**EXERCISE**
Repeat word for word every line of the data below, from the first through the line containing "that is there.", and stop there.

Collected data
================
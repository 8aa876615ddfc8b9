//! The roots of new sets, and what one asks of a set by its root.
ghost use Rattle.std.specs.Prelude.{◌≡◌, ◌↔◌, ◌+◌, ◌<◌, ◌≤◌, List, [], IfOk, IfErr, OnOk, OnErr, IsTrue, length};
ghost use Rattle.std.specs.BTreeSet.{insert_key};
ghost use Rattle.elem_core.specs.declared.codes.TheConstants.{LEVELS};
ghost use Rattle.node_heap.specs.Heap.{hold_count, quarter_holds, HasSpares};
ghost use Rattle.champ_trie.specs.declared.TheConstants.{ADD_NODES};
ghost use Rattle.versions.specs.Roots.{Makes};
ghost use Rattle.versions.specs.Sorted.{has, remove_key};
ghost use Rattle.versions.specs.Keyed.{alike, IsKeySet};

use champ_kinds::{MapFault, Set, SetRef, set_insert, set_remove};
use elem_core::{CODE_BITS, Element, NoMemory, Probe};
use node_heap::{Heap, Link};

// The set without keys, of a node that is there.
pub(crate) fn no_keys<K: Element>(heap: &mut Heap<K>) -> Link
    requires spares { HasSpares heap.old 0 1 }
    requires few { hold_count heap.old < quarter_holds }
    ensures { Makes (IsKeySet K.cmp K.code_of) heap.old heap.new result [] }
{
    match Set::empty(heap, CODE_BITS) {
        Ok(set) => set.into_root(),
        Err(_) => unreachable!(),
    }
}

// The same set once more.
pub(crate) fn same_keys<K: Element>(heap: &mut Heap<K>, root: Link) -> Link
    requires set { (ks : List K) × IsKeySet K.cmp K.code_of heap.old root ks }
    requires few { hold_count heap.old < quarter_holds }
    ensures makes { (ks : List K) → IsKeySet K.cmp K.code_of heap.old root ks → Makes (IsKeySet K.cmp K.code_of) heap.old heap.new result ks }
    ensures rows { heap.new.made ≤ heap.old.made }
{
    heap.hold(root);
    root
}

// The set with the key. Err gives the key back where memory runs out.
pub(crate) fn with_key<K: Element>(heap: &mut Heap<K>, root: Link, key: K) -> Result<Link, K>
    requires set { (ks : List K) × IsKeySet K.cmp K.code_of heap.old root ks }
    requires few { hold_count heap.old < quarter_holds }
    ensures made { (ks : List K) → IsKeySet K.cmp K.code_of heap.old root ks →
        IfOk result (λ l. Makes (IsKeySet K.cmp K.code_of) heap.old heap.new l (insert_key K.cmp ks key)) }
    ensures rows { (ks : List K) → IsKeySet K.cmp K.code_of heap.old root ks →
        OnOk result (heap.new.made ≤ heap.old.made + (1 + ADD_NODES + alike K.code_of key ks)) }
    ensures back { IfErr result (λ k. k ≡ key) }
    ensures refused { OnErr result (heap.new ≡ heap.old) }
{
    match set_insert(heap, SetRef::at(root, CODE_BITS), key) {
        Ok(set) => Ok(set.into_root()),
        Err(MapFault { key }) => Err(key),
    }
}

// The set without the key. Err where memory runs out.
pub(crate) fn without_key<K: Element, P: Probe<K>>(
    heap: &mut Heap<K>,
    root: Link,
    key: &P,
) -> Result<Link, NoMemory>
    requires set { (ks : List K) × IsKeySet K.cmp K.code_of heap.old root ks }
    requires few { hold_count heap.old < quarter_holds }
    ensures made { (ks : List K) → IsKeySet K.cmp K.code_of heap.old root ks →
        IfOk result (λ l. Makes (IsKeySet K.cmp K.code_of) heap.old heap.new l (remove_key K.cmp ks (P.stands_for key.now))) }
    ensures rows { (ks : List K) → IsKeySet K.cmp K.code_of heap.old root ks →
        OnOk result (heap.new.made ≤ heap.old.made + (LEVELS + alike K.code_of (P.stands_for key.now) ks)) }
    ensures refused { OnErr result (heap.new ≡ heap.old) }
{
    match set_remove(heap, SetRef::at(root, CODE_BITS), key)? {
        Some(set) => Ok(set.into_root()),
        None => Ok(same_keys(heap, root)),
    }
}

// Whether the set has the key.
pub(crate) fn has_key<K: Element, P: Probe<K>>(heap: &Heap<K>, root: Link, key: &P) -> bool
    requires { (ks : List K) × IsKeySet K.cmp K.code_of heap.now root ks }
    ensures { (ks : List K) → IsKeySet K.cmp K.code_of heap.now root ks → result ≡ has K.cmp (P.stands_for key.now) ks }
{
    SetRef::at(root, CODE_BITS).has(heap, key)
}

// How many keys the set has.
pub(crate) fn key_count<K: Element>(heap: &Heap<K>, root: Link) -> usize
    requires { (ks : List K) × IsKeySet K.cmp K.code_of heap.now root ks }
    ensures { (ks : List K) → IsKeySet K.cmp K.code_of heap.now root ks → result ≡ length ks }
{
    SetRef::at(root, CODE_BITS).len(heap)
}

// Whether the set has no key.
pub(crate) fn has_no_key<K: Element>(heap: &Heap<K>, root: Link) -> bool
    requires { (ks : List K) × IsKeySet K.cmp K.code_of heap.now root ks }
    ensures { (ks : List K) → IsKeySet K.cmp K.code_of heap.now root ks → (IsTrue result ↔ (ks ≡ [])) }
{
    let mut members = SetRef::at(root, CODE_BITS).members(heap);
    members.next().is_none()
}
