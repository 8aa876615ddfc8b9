//! A list that remembers the lists that it was.
ghost use Rattle.std.specs.Prelude.{◌≡◌, ◌≢◌, ◌↔◌, ◌-◌, ◌^◌, ◌<◌, ◌≤◌, [], ◌∷◌, ◌++◌, length, drop, slice_get, slice_set, option_copied, IfOk, IfErr, IsErrAnd, OnErr, IsTrue, if◌then◌else◌};
ghost use Rattle.versions.specs.History.{present};

use crate::faults::{Fault, Refused};
use crate::items::Items;
use crate::lists::Lists;
use crate::roots::Version;
use elem_core::{Element, NoMemory};
use std::alloc::Global;
use std::collections::VecDeque;
use std::marker::Model;

/// A list and all the lists that it was, each a version of one store. Contracts see all of them, the newest first; there is
/// always one.
#[derive(Drop)]
pub struct History<T: Element> {
    lists: Lists<T>,
    newest: Version,
    earlier: VecDeque<Version>,
}

impl<T: Element> Model for History<T> {
    ghost use Rattle.std.specs.Prelude.{List, ◌∷◌};
    ghost use Rattle.versions.specs.History.{AreHeld, lists_of};

    ghost Value = { List (List T) };

    ghost view = { λ h. lists_of h.lists (h.newest ∷ h.earlier.items) };

    ghost invariant = { λ h. AreHeld h.lists (h.newest ∷ h.earlier.items) };
}

impl<T: Element> History<T> {
    /// The list without elements, and nothing before.
    pub fn new(alloc: Global) -> Result<History<T>, NoMemory>
        ensures { IfOk result (λ h. h ≡ [] ∷ []) }
    {
        let mut lists = Lists::new(alloc);
        let newest = lists.empty()?;
        let earlier = VecDeque::new(alloc);
        Ok(History {
            lists,
            newest,
            earlier,
        })
    }

    /// Puts the element after the last. Refused where the list has 2^32 - 1 elements, or memory runs out.
    pub fn push(&mut self, element: T) -> Result<(), Refused<T>>
        ensures made { IfOk result (λ _. self.new ≡ (present self.old ++ element ∷ []) ∷ self.old) }
        ensures refused { OnErr result (self.new ≡ self.old) }
        ensures given_back { IfErr result (λ r. r.element ≡ element) }
        ensures long { (IsErrAnd result (λ r. r.fault ≡ Fault.Long)) ↔ (length (present self.old) ≡ 2 ^ 32 - 1) }
        ensures no_range { IfErr result (λ r. r.fault ≢ Fault.Range) }
        ensures some { 0 < length self.old }
    {
        if self.lists.len(self.newest) == u32::MAX {
            let fault = Fault::Long;
            return Err(Refused { element, fault });
        }
        if self.earlier.push_front(self.newest).is_err() {
            let fault = Fault::Memory;
            return Err(Refused { element, fault });
        }
        match self.lists.push(self.newest, element) {
            Ok(version) => {
                self.newest = version;
                Ok(())
            }
            Err(refused) => {
                self.earlier.pop_front();
                Err(refused)
            }
        }
    }

    /// Puts the element in place of the one at the index. Refused where the index is past the end, or memory runs out.
    pub fn set(&mut self, index: u32, element: T) -> Result<(), Refused<T>>
        ensures made { IfOk result (λ _. self.new ≡ slice_set (present self.old) index element ∷ self.old) }
        ensures refused { OnErr result (self.new ≡ self.old) }
        ensures given_back { IfErr result (λ r. r.element ≡ element) }
        ensures range { (IsErrAnd result (λ r. r.fault ≡ Fault.Range)) ↔ (length (present self.old) ≤ index) }
        ensures no_long { IfErr result (λ r. r.fault ≢ Fault.Long) }
        ensures some { 0 < length self.old }
    {
        if index >= self.lists.len(self.newest) {
            let fault = Fault::Range;
            return Err(Refused { element, fault });
        }
        if self.earlier.push_front(self.newest).is_err() {
            let fault = Fault::Memory;
            return Err(Refused { element, fault });
        }
        match self.lists.set(self.newest, index, element) {
            Ok(version) => {
                self.newest = version;
                Ok(())
            }
            Err(refused) => {
                self.earlier.pop_front();
                Err(refused)
            }
        }
    }

    /// Goes back to the list before the last change. False where there is none.
    pub fn undo(&mut self) -> bool
        ensures back { self.new ≡ (if result then drop 1 self.old else self.old) }
        ensures whether { IsTrue result ↔ (1 < length self.old) }
        ensures some { 0 < length self.new }
    {
        let Some(version) = self.earlier.pop_front() else {
            return false;
        };
        self.lists.forget(self.newest);
        self.newest = version;
        true
    }

    /// How many elements the list has.
    pub fn len(&self) -> u32
        ensures { result ≡ length (present self.now) }
    {
        self.lists.len(self.newest)
    }

    /// Whether the list has no elements.
    pub fn is_empty(&self) -> bool
        ensures { IsTrue result ↔ (present self.now ≡ []) }
    {
        self.lists.is_empty(self.newest)
    }

    /// The element at the index, and none past the end.
    pub fn get(&self, index: u32) -> Option<&T>
        ensures { option_copied result ≡ slice_get (present self.now) index }
    {
        self.lists.get(self.newest, index)
    }

    /// The elements as they stand, in order. It takes no memory.
    pub fn iter(&self) -> Items<'_, T>
        ensures { result ≡ present self.now }
    {
        self.lists.iter(self.newest)
    }
}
================
**YOUR RESPONSE**
repository 8aa876615ddfc8b9
//! The roots of new sets, and what one asks of a set by its root.
ghost use Rattle.std.specs.Prelude.{◌≡◌, ◌↔◌, ◌+◌, ◌<◌, ◌≤◌, List, [], IfOk, IfErr, OnOk, OnErr, IsTrue, length};
ghost use Rattle.std.specs.BTreeSet.{insert_key};
ghost use Rattle.elem_core.specs.declared.codes.TheConstants.{LEVELS};
ghost use Rattle.node_heap.specs.Heap.{hold_count, quarter_holds, HasSpares};
ghost use Rattle.champ_trie.specs.declared.TheConstants.{ADD_NODES};
ghost use Rattle.versions.specs.Roots.{Makes};
ghost use Rattle.versions.specs.Sorted.{has, remove_key};
ghost use Rattle.versions.specs.Keyed.{alike, IsKeySet};

use champ_kinds::{MapFault, Set, SetRef, set_insert, set_remove};
use elem_core::{CODE_BITS, Element, NoMemory, Probe};
use node_heap::{Heap, Link};

// The set without keys, of a node that is there.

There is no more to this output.